The distinction between legal and beneficial ownership of land and property (in English law) is important. When a dwelling is (say) transferred from one individual to another, the names shown on the conveyance will be the legal owners.
Beneficial Ownership
However, they will not necessarily be the beneficial owners. It is beneficial ownership that is normally relevant for capital gains tax (and inheritance tax) purposes. Identifying the beneficial owner of a property can be difficult, as there are several potential factors. HMRC’s Capital Gains Manual (at CG70230) points out that indicators of beneficial ownership include occupation of the property, the receipt of rent for the property, the payment of funds to buy the property and the receipt of proceeds from selling it.
Constructive Trust
If the legal owner holds a beneficial interest in a property on behalf of someone else, a ‘constructive trust’ sometimes arises. The parties may have an understanding (or a common intention) about beneficial ownership that differs from the legal ownership. HMRC guidance (in its Trusts, Settlements and Estates Manual at TSEM9710) lists three questions to be addressed in considering whether a common intention constructive trust exists:
- Was there an agreement or common intention that the parties should share beneficial ownership of the property?

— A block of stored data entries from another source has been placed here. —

//! The way of an input's lines to a queue or a log: times before them, and a copy to standard output.
ghost use Rattle.std.specs.Prelude.{◌≡◌, ◌≢◌, ◌<◌, ◌≤◌, ◌-◌, ◌+◌, ◌^◌, ◌⊎◌, ◌++◌, ◌∷◌, cond, min, max, ℕ, List, [], All, not, length, take, true, false, Some, IfOk, OnOk, OnErr, MatchResult};
ghost use Rattle.std.specs.List.{concat};
ghost use Rattle.std.specs.Io.{WritesAtMost};
ghost use Rattle.std.specs.Io.BufRead.{ends_with_byte};
ghost use Rattle.std.specs.Io.KnownBytes.{Keeps, WriteAppends};
ghost use Rattle.program_io.specs.Options.{has_option};
ghost use Rattle.program_io.specs.declared.options.OptionName.{OptionName};
ghost use Rattle.appender_names.specs.declared.rotation.Rotation.{Rotation};
ghost use Rattle.jiff_core.specs.declared.civil.datetime.DateTime.{DateTime};
ghost use Rattle.rolltee_core.specs.Feed.{begins_after, line_count, stamp_text, Echoes, IsFed, IsTextOf, IsTimed, Sends};
ghost use Rattle.rolltee_core.specs.Taken.{AsAsked};

use crate::file_log::ends_line;
pub use crate::waiting::Asked;
use jiff_core::Timestamp;
use jiff_fmt::temporal::DateTimePrinter;
use line_history::{Recorded, Tape};
use memchr::memchr;
use program_io::options::{OptionName, Options};
use program_io::report::report;
use std::alloc::{AllocError, Global};
use std::io::Write;
use std::marker::{Model, PhantomData};
use std::sync::Wait;
use std::time::{Clock, Duration};
use std::{io, thread};
use tracing_appender::non_blocking::LineSender;
use tracing_appender::worker::LineCounts;

/// What a feed sends lines to: a queue, or a log.
pub trait FeedSink {
    /// The bytes of the lines that were sent.
    ghost sent: { Self → List ℕ };

    /// Sends whole lines, or a part of a long line. A lossy queue may drop them. After an error they were not sent.
    fn send(&mut self, text: &[u8]) -> io::Result<()>
        ensures { MatchResult result (λ _. sent self.new ≡ sent self.old ++ text.now)
            (λ _. sent self.new ≡ sent self.old) };

    /// Flushes what was sent, if no other thread does.
    fn flush(&mut self)
        ensures { sent self.new ≡ sent self.old }
    {}
}

// The queue counts only lines, and a piece may have 1 MiB. So 16 parts of 1 MiB of lines are the most that are queued, and then
// one line more.
const PARTS: usize = 16;

const PART: usize = 1 << 20;

// The first pause of a wait for the log and the longest one, in milliseconds.
const FIRST_MILLIS: u64 = 1;

const LONGEST_MILLIS: u64 = 50;

/// The queue of a recorded sender.
#[derive(Drop)]
pub struct SenderQueue<'a, R, S: LineSender + Drop> {
    rt: R,
    sender: S,
    // The lines that it was offered.
    offered: Tape,
    // What became of its lines.
    counts: &'a LineCounts,
    // The number of lines that it took or dropped.
    sent: u64,
    // What may wait in it.
    backlog: Backlog,
    // The number of lines that were dropped since too many bytes waited.
    dropped: u64,
    // Whether it is lossy, and whether that was reported.
    lossy: bool,
    reported: bool,
}

impl<'a, R, S: LineSender + Drop> Model for SenderQueue<'a, R, S> {
    ghost use Rattle.std.specs.Prelude.{◌≡◌};
    ghost use Rattle.rolltee_core.specs.Feed.{Offering};

    ghost Value = { Offering };

    ghost view = { λ q. record { sent = S.sent q.sender; offered = q.offered.lines; dropped = q.dropped } };

    // Each line that was not dropped was queued.
    ghost invariant = { λ q. q.dropped ≡ 0 → (S.sent q.sender).dropped ≡ 0 → (S.sent q.sender).lines ≡ q.offered.lines };
}

// Parts of the lines that a queue took: after how many lines each whole one ends, and how many bytes came after them.
#[derive(Drop)]
struct Backlog {
    ends: [u64; PARTS],
    parts: usize,
    bytes: usize,
}

impl Backlog {
    fn new() -> Backlog {
        Backlog {
            ends: [0; PARTS],
            parts: 0,
            bytes: 0,
        }
    }

    fn is_full(&self) -> bool {
        self.parts >= PARTS
    }

    // Adds a line, which was the last of so many.
    fn add(&mut self, line: &[u8], lines: u64) {
        self.bytes = self.bytes.saturating_add(line.len());
        if self.bytes >= PART && self.parts < PARTS {
            self.ends[self.parts] = lines;
            self.parts += 1;
            self.bytes = 0;
        }
    }

    // Removes the parts of which no line waits, since so many were written or lost.
    fn remove(&mut self, lines: u64) {
        for _ in 0..PARTS {
            if self.parts == 0 || self.ends[0] > lines {
                return;
            }
            self.ends.rotate_left(1);
            self.parts -= 1;
        }
    }
}

// A sender that has sent lines.
#[derive(Drop)]
struct Before<'a, S> {
    sender: &'a S,
}

impl<'a, S: LineSender> Recorded for Before<'a, S> {
    ghost lines = { λ b. (S.sent b.sender.now).lines };
}

impl<'a, R: Drop, S: LineSender + Drop> SenderQueue<'a, R, S> {
    /// Returns the queue of this sender, which may be lossy. The counts are those of its worker's log.
    pub fn new(rt: R, sender: S, counts: &'a LineCounts, lossy: bool) -> SenderQueue<'a, R, S>
        ensures { result ≡ record { sent = S.sent sender; offered = (S.sent sender).lines; dropped = 0 } }
    {
        let offered = Tape::of(&Before { sender: &sender });
        SenderQueue {
            rt,
            sender,
            offered,
            counts,
            sent: 0,
            backlog: Backlog::new(),
            dropped: 0,
            lossy,
            reported: false,
        }
    }

    /// Returns the number of lines that the log did not take whole, those that it has not taken yet too.
    pub fn lost(&self) -> u64 {
        let left = left(&self.sender, self.counts, self.sent);
        self.counts.lost().saturating_add(left)
    }

    /// Returns the number of lines that were dropped.
    pub fn dropped(&self) -> u64
        ensures { result ≡ 0 → (self.now.dropped ≡ 0) × (self.now.sent.dropped ≡ 0) }
    {
        self.dropped.saturating_add(self.sender.dropped() as u64)
    }

    /// Returns the sender. If no line was dropped, it queued all lines that it was offered.
    pub fn into_sender(self) -> S
        ensures sender { S.sent result ≡ self.entry.sent }
        ensures queued { self.entry.dropped ≡ 0 → self.entry.sent.dropped ≡ 0 → self.entry.sent.lines ≡ self.entry.offered }
    {
        self.sender
    }
}

impl<'a, R: Wait + Clock + Eprint + Drop, S: LineSender + Drop> SenderQueue<'a, R, S> {
    /// Waits until the log took or lost each line that was queued, as long as that takes.
    pub fn settle(&mut self)
        ensures { self.new ≡ self.old }
    {
        let mut millis = FIRST_MILLIS;
        for _ in self.rt.forever() {
            if left(&self.sender, self.counts, self.sent) == 0 {
                break;
            }
            thread::sleep(&self.rt, Duration::from_millis(millis));
            millis = millis.saturating_mul(2).min(LONGEST_MILLIS);
        }
        self.backlog = Backlog::new();
    }

    // Returns whether 16 MiB of lines wait.
    fn is_full(&mut self) -> bool
        ensures { self.new ≡ self.old }
    {
        if self.backlog.is_full() {
            let done = self.counts.taken().saturating_add(self.counts.lost());
            self.backlog.remove(done);
        }
        self.backlog.is_full()
    }

    // Reports the first line that is dropped, at once.
    fn report_drops(&mut self)
        ensures { self.new ≡ self.old }
    {
        if !self.reported && self.dropped() > 0 {
            self.reported = true;
            let _ = eprintln!(self.rt; "lines are dropped: the queue is full");
        }
    }

    fn drop_line(&mut self, line: &[u8])
        ensures { concat self.new.offered ≡ concat self.old.offered ++ line.now }
    {
        self.offered.note(line);
        self.dropped = self.dropped.saturating_add(1);
        self.report_drops();
    }

    fn queue_line(&mut self, line: &[u8]) -> io::Result<()>
        ensures { MatchResult result (λ _. concat self.new.offered ≡ concat self.old.offered ++ line.now)
            (λ _. concat self.new.offered ≡ concat self.old.offered) }
    {
        self.sender.write_line(line)?;
        self.offered.note(line);
        self.sent = self.sent.saturating_add(1);
        let taken = self.sent.saturating_sub(self.sender.dropped() as u64);
        self.backlog.add(line, taken);
        self.report_drops();
        Ok(())
    }
}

- If so, did the party claiming act to their detriment (i.e., disadvantage) in reliance on that agreement or common intention or change their position?
- If so, what is the size of the beneficial interest to which the claimant is entitled?

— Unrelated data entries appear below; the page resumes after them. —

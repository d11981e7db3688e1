//! A log whose open file other programs may change.
ghost use Rattle.std.specs.Prelude.{◌≡◌, ◌≤◌, ◌+◌, true, false, length, IfOk};
ghost use Rattle.std.specs.Io.BufRead.{ends_with_byte};
ghost use Rattle.appender_rolling.specs.Roller.{written_count};
ghost use Rattle.rolltee_core.specs.Log.{cut_after, failed_after, newline_length, open_name, short_after, EndsWhole, OpensLog};

use crate::check::FileCheck;
use crate::logs::TeeLog;
use crate::losses::TeeLosses;
use crate::opening::cause_of;
use std::io;
use std::io::{ErrorKind, Write};
use std::marker::Model;
use tracing_appender::rolling::{Clock, InitError, RollingFile, Switch};
use tracing_appender::store::Folder;

/// Opens one log, each time it is asked to.
pub trait Opens<S: Folder, C: Clock>: Drop {
    ghost use Rattle.std.specs.Prelude.{ℕ, List, IfOk};
    ghost use Rattle.appender_rolling.specs.Config.{Config};
    ghost use Rattle.rolltee_core.specs.Log.{OpensLog};

    /// The configuration of the log.
    ghost config: { Self → Config };

    /// The path of its folder.
    ghost directory: { Self → List ℕ };

    /// Whether a folder is the one at a path.
    ghost is_at: { List ℕ → S → Type 0 };

    /// Opens the log at the moment of its clock. Errors are those of `Builder::open_in`.
    fn open(&self) -> Result<RollingFile<S, C>, InitError>
        ensures { IfOk result (λ log. (folder : S) × is_at (directory self.now) folder
            × OpensLog S.Folder C.Clock (config self.now) folder log) };
}

/// A log that looks for its open file before each write and at each flush. If that was removed, renamed, replaced or
/// truncated, the check reports it, and the log is opened again for the next write.
#[derive(Drop)]
pub struct FileLog<S: Folder, C: Clock, W: FileCheck<S>, O: Opens<S, C>> {
    opener: O,
    log: RollingFile<S, C>,
    check: W,
    // Whether a part of a line is ended by a newline before the next line.
    whole_lines: bool,
    // Whether the open file may end with a part of a line, also if that can't be seen: an empty line does less harm than
    // two lines in one.
    cut: bool,
    // Whether a newline is to be written first, since the open file ends with a part of a line that is not written on.
    owed: bool,
    // Whether the last append took a part of a line, whose rest belongs to the same file.
    short: bool,
    // The open file's least length in bytes: what it had at its opening, and what was appended.
    length: u64,
    // Whether the open file was not found again, or was truncated, and how many files were.
    is_gone: bool,
    gone: u64,
    // Whether the log was ever opened again.
    anew: bool,
    // Whether the last call was a flush that succeeded.
    flushed: bool,
    // The number of flushes that failed, those of the open folder's switches aside.
    unsynced: u64,
}

impl<S: Folder, C: Clock, W: FileCheck<S>, O: Opens<S, C>> Model for FileLog<S, C, W, O> {
    ghost use Rattle.std.specs.Prelude.{◌≡◌, false};
    ghost use Rattle.rolltee_core.specs.Log.{EndsWhole, LogState};

    ghost Value = { LogState S S.File C };

    ghost view = { λ l. record {
      log = l.log;
      config = O.config l.opener;
      whole_lines = l.whole_lines;
      cut = l.cut;
      short = l.short;
      owed = l.owed;
      length = l.length;
      is_gone = l.is_gone;
      anew = l.anew;
      flushed = l.flushed;
      failed = l.unsynced;
    } };

    ghost invariant = { λ l. l.cut ≡ false → EndsWhole S.Folder l.log };
}

impl<S: Folder, C: Clock, W: FileCheck<S>, O: Opens<S, C>> FileLog<S, C, W, O> {
    ghost use Rattle.std.specs.Prelude.{◌≡◌, ◌≢◌, ◌∷◌, [], ℕ, Ok, Result, length, IfOk, OnOk, OnErr};
    ghost use Rattle.std.specs.Io.{WritesAtMost};
    ghost use Rattle.std.specs.declared.io.Error.{Error};
    ghost use Rattle.rolltee_core.specs.Log.{AppendsTo, EndsOwed, FindsFile, FlushesLog, IsLookedAt, IsNewLog, LooksFor, MissesFile, MayCheckOnce, OpensAnew, WritesLog};

    /// Opens the log.
    pub fn new(opener: O, check: W, whole_lines: bool) -> Result<FileLog<S, C, W, O>, InitError>
        ensures { IfOk result (IsNewLog S.Folder C.Clock W.looks (O.is_at (O.directory opener)) (O.config opener) whole_lines) }
    {
        let log = opener.open()?;
        let mut log = FileLog {
            opener,
            log,
            check,
            whole_lines,
            cut: true,
            owed: false,
            short: false,
            length: 0,
            is_gone: false,
            gone: 0,
            anew: false,
            flushed: false,
            unsynced: 0,
        };
        log.look();
        Ok(log)
    }

    // Looks at the file that was opened.
    fn look(&mut self)
        ensures looked { IsLookedAt S.Folder W.looks self.new }
        ensures same { self.new ≡ record self.old { cut = self.new.cut; owed = self.new.owed; length = self.new.length } }
    {
        self.check
            .look_beside(self.log.folder(), self.log.open_name());
        self.length = self.check.length(self.log.open_file());
        self.cut = !ends_whole(&self.check, &self.log);
        self.owed = self.whole_lines && self.cut;
    }

    /// Returns the open file.
    pub fn open_file(&self) -> &S::File {
        self.log.open_file()
    }

    // Compares the open file with what its name leads to. If it is not found, or was truncated, flushes it, and opens the log
    // again. Then it is `WriteZero` if that file has the beginning of a line, whose rest no other file takes. After another
    // error nothing has changed, and the next call tries again.
    fn find_file(&mut self) -> io::Result<()>
        ensures found { OnOk result (FindsFile S.Folder C.Clock W.looks self.old self.new) }
        ensures lost { OnErr result (MissesFile S.Folder C.Clock W.looks self.old self.new) }
    {
        self.compare();
        if !self.is_gone {
            return Ok(());
        }
        let begun = self.short;
        let log = open_again(&self.opener)?;
        self.replace(log);
        if begun {
            return Err(io::Error::from(ErrorKind::WriteZero));
        }
        Ok(())
    }

    // Compares the open file with what its name leads to, and its length, until a difference is reported. Other programs
    // may make the file longer, so only a shorter one is a difference.
    fn compare(&mut self)
        ensures { LooksFor W.looks self.old self.new }
    {
        if self.is_gone {
            return;
        }
        let found = self.check.finds(
            self.log.folder(),
            self.log.open_file(),
            self.log.open_name(),
            self.length,
        );
        if !found {
            self.is_gone = true;
            self.gone = self.gone.saturating_add(1);
        }
    }

    // Flushes the open file before it is closed, and goes on with a log that was opened again.
    fn replace(&mut self, log: RollingFile<S, C>)
        requires { (folder : S) × OpensLog S.Folder C.Clock self.now.config folder log }
        ensures { OpensAnew S.Folder C.Clock W.looks self.old self.new }
    {
        let flushed = self.log.flush();
        self.unsynced = unsynced_after(self.unsynced, &flushed);
        // The folder that comes next has noted no flush.
        let noted = self.check.unsynced(self.log.folder());
        self.unsynced = self.unsynced.saturating_add(noted);
        self.log = log;
        self.cut = true;
        self.short = false;
        self.is_gone = false;
        self.anew = true;
        self.look();
    }

    // Begins the next file if one is due for these bytes and the newline before them, unless they are the rest of a line.
    fn check_clock(&mut self, bytes: &[u8])
        ensures { MayCheckOnce S.Folder C.Clock W.looks (length bytes.now) self.old self.new }
    {
        if self.short {
            return;
        }
        let moment = self.log.moment();
        let switch = self.log.check_clock(moment, length_with(bytes, self.owed));
        match switch {
            Switch::None => {}
            Switch::Opened => {
                self.cut = true;
                self.look();
            }
            Switch::Failed => self.cut = !ends_whole(&self.check, &self.log),
        }
    }

    // Ends a part of a line by a newline.
    fn end_part(&mut self) -> io::Result<()>
        ensures ends { OnOk result (EndsOwed S.Folder self.old self.new) }
        ensures stays { OnErr result ((self.old.owed ≡ true) × (answer : Result ℕ Error) × (answer ≢ Ok 1)
            × AppendsTo S.Folder (10 ∷ []) answer self.old self.new) }
    {
        if self.owed {
            if self.append(b"\n")? == 0 {
                return Err(io::Error::from(ErrorKind::WriteZero));
            }
            self.owed = false;
        }
        Ok(())
    }

    // Adds the first of the bytes to the open file by one append.
    fn append(&mut self, bytes: &[u8]) -> io::Result<usize>
        ensures bound { WritesAtMost result bytes.now }
        ensures appends { AppendsTo S.Folder bytes.now result self.old self.new }
    {
        let answer = self.log.append(bytes);
        let taken = count_of(&answer);
        self.length = self.length.saturating_add(taken as u64);
        self.cut = is_cut_after(self.cut, &bytes[..taken]);
        self.short = is_short_after(self.short, bytes, &answer);
        answer
    }

    // Adds the first of the bytes to the file of the clock's moment, by one append. After a write that took a part of a
    // line it adds them to the same file, without a check of the clock.
    fn write(&mut self, bytes: &[u8]) -> io::Result<usize>
        ensures bound { WritesAtMost result bytes.now }
        ensures writes { WritesLog S.Folder C.Clock W.looks bytes.now result self.old self.new }
    {
        self.find_file()?;
        self.check_clock(bytes);
        self.end_part()?;
        self.append(bytes)
    }

    // Flushes the open file, and looks for it.
    fn flush(&mut self) -> io::Result<()>
        ensures { FlushesLog S.Folder W.looks result self.old self.new }
    {
        let flushed = self.log.flush();
        self.unsynced = unsynced_after(self.unsynced, &flushed);
        self.compare();
        flushed
    }
}

impl<S: Folder, C: Clock, W: FileCheck<S>, O: Opens<S, C>> TeeLog for FileLog<S, C, W, O> {
    ghost use Rattle.std.specs.Prelude.{◌≡◌};
    ghost use Rattle.program_io.specs.Options.{has_option};
    ghost use Rattle.program_io.specs.declared.options.OptionName.TheVariants.{WholeLines};
    ghost use Rattle.rolltee_core.specs.Log.{IsKept, IsNewLog, TakesPiece, config_of};

    ghost opens = { λ rotation directory prefix options opened.
        IsNewLog S.Folder C.Clock W.looks (O.is_at directory) (config_of rotation prefix options) (has_option WholeLines options) opened };

    ghost takes = { λ old taken new. TakesPiece S.Folder C.Clock W.looks old taken new };

    ghost is_kept = { λ log. IsKept S.Folder log };

    fn put(&mut self, bytes: &[u8]) -> io::Result<usize> {
        let answer = self.write(bytes);
        self.flushed = false;
        answer
    }

    fn flush_all(&mut self) -> io::Result<()> {
        let answer = self.flush();
        self.flushed = answer.is_ok();
        answer
    }

    fn give_up(&mut self) {
        self.short = false;
        self.owed = self.owed || (self.whole_lines && self.cut);
        self.flushed = false;
    }

    fn close(self) -> TeeLosses {
        let noted = self.check.unsynced(self.log.folder());
        TeeLosses {
            gone: at_least_one(self.gone, self.anew),
            unsynced: at_least_one(self.unsynced.saturating_add(noted), !self.flushed),
            ..TeeLosses::NONE
        }
    }
}

// Opens the log again.
fn open_again<S: Folder, C: Clock, O: Opens<S, C>>(opener: &O) -> io::Result<RollingFile<S, C>>
    ensures { IfOk result (λ log. (folder : S) × OpensLog S.Folder C.Clock (O.config opener.now) folder log) }
{
    match opener.open() {
        Ok(log) => Ok(log),
        Err(error) => Err(cause_of(&error)),
    }
}

// Returns how many flushes failed, after one with this answer.
fn unsynced_after(unsynced: u64, answer: &io::Result<()>) -> u64
    ensures { result ≡ failed_after answer.now unsynced }
{
    match answer {
        Ok(()) => unsynced,
        Err(_) => unsynced.saturating_add(1),
    }
}

// Returns a count, or 1 if it is 0 and something is known to be lost.
fn at_least_one(count: u64, is_lost: bool) -> u64
    ensures { result ≡ 0 → (count ≡ 0) × (is_lost ≡ false) }
{
    if is_lost { count.max(1) } else { count }
}

// Returns how many bytes are written for these: one more if a newline is written before them.
fn length_with(bytes: &[u8], newline: bool) -> usize
    ensures { result ≡ length bytes.now + newline_length newline }
{
    if newline {
        bytes.len() + 1
    } else {
        bytes.len()
    }
}

// Returns whether the rest of a line is due after this answer to an append.
fn is_short_after(short: bool, bytes: &[u8], answer: &io::Result<usize>) -> bool
    requires { written_count answer.now ≤ length bytes.now }
    ensures { result ≡ short_after short bytes.now answer.now }
{
    match answer {
        Ok(taken) => {
            let taken = *taken;
            taken > 0 && taken < bytes.len() && !ends_line(&bytes[..taken])
        }
        Err(_) => short,
    }
}

// Returns whether there is a newline at the end.
pub(crate) fn ends_line(bytes: &[u8]) -> bool
    ensures { result ≡ ends_with_byte 10 bytes.now }
{
    let length = bytes.len();
    length > 0 && bytes[length - 1] == b'\n'
}

// Returns how many bytes an answer counts.
fn count_of(answer: &io::Result<usize>) -> usize
    ensures { result ≡ written_count answer.now }
{
    match answer {
        Ok(taken) => *taken,
        Err(_) => 0,
    }
}

// Returns whether the open file may end with a part of a line after these bytes were added.
fn is_cut_after(cut: bool, added: &[u8]) -> bool
    ensures { result ≡ cut_after cut added.now }
{
    if added.is_empty() {
        cut
    } else {
        !ends_line(added)
    }
}

// Returns whether the open file is seen to be empty or to end with a newline.
fn ends_whole<S: Folder, C: Clock, W: FileCheck<S>>(check: &W, log: &RollingFile<S, C>) -> bool
    ensures seen { W.looks.ends log.now.roller.folder log.now.roller.file (open_name log.now) result }
    ensures whole { result ≡ true → EndsWhole S.Folder log.now }
{
    check.ends_line(log.folder(), log.open_file(), log.open_name())
}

Establishing whether a constructive trust exists can be difficult but is by no means impossible.
Bought in Someone Else’s Name
For example, in Raveendran v Revenue and Customs [2024] UKFTT 273 (TC), the appellant (R) owned the leasehold of a property in London. His brother (X) used the property to trade from. X wanted to buy the freehold but could not obtain a loan. The property was therefore bought in R’s name for £300,000. Around nine years later, the property was sold to R’s sister-in-law (X’s wife) for £350,000. HM Revenue and Customs (HMRC) obtained a property valuation of £1,080,000. HMRC assessed R to capital gains tax. R argued he was not the beneficial owner of the property. X had paid the mortgage, with amounts coming from X to R and then onto the bank. R had not contributed funds to the purchase, other than by way of a loan. When asked why £350,000 was paid to him for a property he acquired for £300,000, R replied he thought the extra was to compensate for stamp duty. The First-tier Tribunal (FTT) found that all the purchase price of the property was funded by X, either from direct contribution or from servicing the mortgage that was taken out in the appellant’s name. X was very clear that the entire mechanism of the purchase had been arranged by his brother and described the transaction as “my brother using my name”. There was a clear understanding by both parties that the property was held for X. The FTT also found that X had paid for property improvements. The FTT concluded that X was the sole beneficial owner of the property.
Practical Tip
Case law might be of some assistance to support a constructive trust claim. However, circumstances differ. Expert professional advice is recommended.